争取从理论上理解为什么SGD在深层学习中普遍比ADAM更好 (Towards Theoretically Understanding Why SGD Generalizes Better Than ADAM in Deep Learning)

It is not clear yet why ADAM-alike adaptive gradient algorithms suffer from worse generalization performance than SGD despite their faster training speed. This work aims to provide understandings on this generalization gap by analyzing their local convergence behaviors. Specifically, we observe the heavy tails of gradient noise in these algorithms. This motivates us to analyze these algorithms through their Levy-driven stochastic differential equations (SDEs) because of the similar convergence behaviors of an algorithm and its SDE. Then we establish the escaping time of these SDEs from a local basin.

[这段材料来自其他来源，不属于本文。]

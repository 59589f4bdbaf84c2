// A place in a list of tokens.
ghost use Rattle.std.specs.Prelude.{◌≡◌, ◌<◌, [], ℕ, length, Some};
ghost use Rattle.token_lists.specs.Table.{IsHeld};
ghost use Rattle.token_lists.specs.Ids.{id_of, build_id};
ghost use Rattle.plain_tokens.specs.Arguments.{delimiters_of};
ghost use Rattle.macro_call.specs.Cursors.{IsOn, IsSomewhere, Steps, StepsAlong, StepsPlace, delimiter_at, rest_at, is_mark};

use mem_words::Place;
use tex_defs::Token;
use token_lists::{Build, ListRef, Lists};

/// A place in a list of tokens: that of a token, or the end.
#[derive(Clone, Copy)]
pub struct Cursor {
    at: Option<Place>,
    index: usize,
}

/// At the first token of a list.
pub fn at_first(lists: &Lists, list: &ListRef) -> Cursor
    requires { IsHeld lists.now (id_of list.now) }
    ensures on { IsOn lists.now (id_of list.now) result }
    ensures first { result.index ≡ 0 }
{
    Cursor {
        at: lists.first(list),
        index: 0,
    }
}

/// At the first token of a list that is being built.
pub fn at_first_built(lists: &Lists, build: &Build) -> Cursor
    requires { IsHeld lists.now (build_id build.now) }
    ensures on { IsOn lists.now (build_id build.now) result }
    ensures first { result.index ≡ 0 }
{
    Cursor {
        at: lists.first_built(build),
        index: 0,
    }
}

impl Cursor {
    /// How many tokens of the list stand in front.
    pub fn index(self) -> usize
        ensures { result ≡ self.index }
    {
        self.index
    }

    /// The token here, and the place behind it.
    #[inline(always)]
    pub fn next(self, lists: &Lists) -> Option<(Token, Cursor)>
        requires { IsSomewhere lists.now self }
        ensures { (id : ℕ) → IsOn lists.now id self → Steps lists.now id self result }
    {
        let place = self.at?;
        let _used = lists.used();
        let next = Cursor {
            at: lists.next(place),
            index: self.index + 1,
        };
        Some((lists.token(place), next))
    }

    /// The place behind the macro's place that stands here, if one does.
    #[inline(always)]
    pub fn behind_place(self, lists: &Lists) -> Option<Cursor>
        requires { IsSomewhere lists.now self }
        ensures { (id : ℕ) → IsOn lists.now id self → StepsPlace lists.now id self result }
    {
        match self.next(lists) {
            Some((Token::Place(_), next)) => Some(next),
            _ => None,
        }
    }

    /// The same along a delimiter, which ends before the next place and the end mark.
    #[inline(always)]
    pub fn next_along(self, lists: &Lists) -> Option<(Token, Cursor)>
        requires { IsSomewhere lists.now self }
        ensures { (id : ℕ) → IsOn lists.now id self → StepsAlong lists.now id self result }
    {
        let (token, next) = self.next(lists)?;
        if is_mark(token) {
            return None;
        }
        Some((token, next))
    }

    // The delimiter's token here, which is one, and the place behind it.
    #[inline(always)]
    pub fn delimiting(self, lists: &Lists, list: &ListRef) -> (Token, Cursor)
        requires on { IsOn lists.now (id_of list.now) self }
        requires some { 0 < length (delimiter_at lists.now (id_of list.now) self) }
        ensures { StepsAlong lists.now (id_of list.now) self (Some result) }
    {
        match self.next_along(lists) {
            Some(step) => step,
            None => unreachable!(),
        }
    }

    /// Behind the delimiter that stands here.
    #[inline(always)]
    pub fn behind_delimiter(self, lists: &Lists, list: &ListRef) -> Cursor
        requires { IsOn lists.now (id_of list.now) self }
        ensures on { IsOn lists.now (id_of list.now) result }
        ensures ends { delimiter_at lists.now (id_of list.now) result ≡ [] }
        ensures same { delimiters_of (rest_at lists.now (id_of list.now) result) ≡ delimiters_of (rest_at lists.now (id_of list.now) self) }
    {
        let mut from = self;
        while let Some((_, next)) = from.next_along(lists) {
            from = next;
        }
        from
    }
}

// Whether a token ends a delimiter.
#[inline(always)]
fn is_mark(x: Token) -> bool
    ensures { result ≡ is_mark x }
{
    match x {
        Token::Place(_) => true,
        Token::EndPlaces => true,
        _ => false,
    }
}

The result shows that (1) the escaping time of both SGD and ADAM~depends on the Radon measure of the basin positively and the heaviness of gradient noise negatively; (2) for the same basin, SGD enjoys smaller escaping time than ADAM, mainly because (a) the geometry adaptation in ADAM~via adaptively scaling each gradient coordinate well diminishes the anisotropic structure in gradient noise and results in larger Radon measure of a basin; (b) the exponential gradient average in ADAM~smooths its gradient and leads to lighter gradient noise tails than SGD. So SGD is more locally unstable than ADAM~at sharp minima defined as the minima whose local basins have small Radon measure, and can better escape from them to flatter ones with larger Radon measure. As flat minima here which often refer to the minima at flat or asymmetric basins/valleys often generalize better than sharp ones , our result explains the better generalization performance of SGD over ADAM. Finally, experimental results confirm our heavy-tailed gradient noise assumption and theoretical affirmation.

翻译：目前还不清楚为什么ADAM这样的适应性梯度算法尽管培训速度较快,却比SGD更糟糕。这项工作的目的是通过分析其本地趋同行为来了解这一普遍化差距。具体地说,我们观察这些算法中梯度噪音的重尾。这促使我们通过Levy驱动的随机差异方程式(SDEs)分析这些算法,因为一个算法及其SDE的趋同行为相似。然后我们确定这些SDE从本地盆地逃出的时间比SGD更快。其结果是:(1) SGD和ADAM~dedeaped 两者的脱向时间都在于分析这一普遍差距。具体地说,SGDDD(SG)的指数性梯度和AD-AD(AD)的脱落时间,以及梯度的上升时间比ADAM(SADAA)要短, 其地方梯度的梯度比SADAM(SADAD)更精确。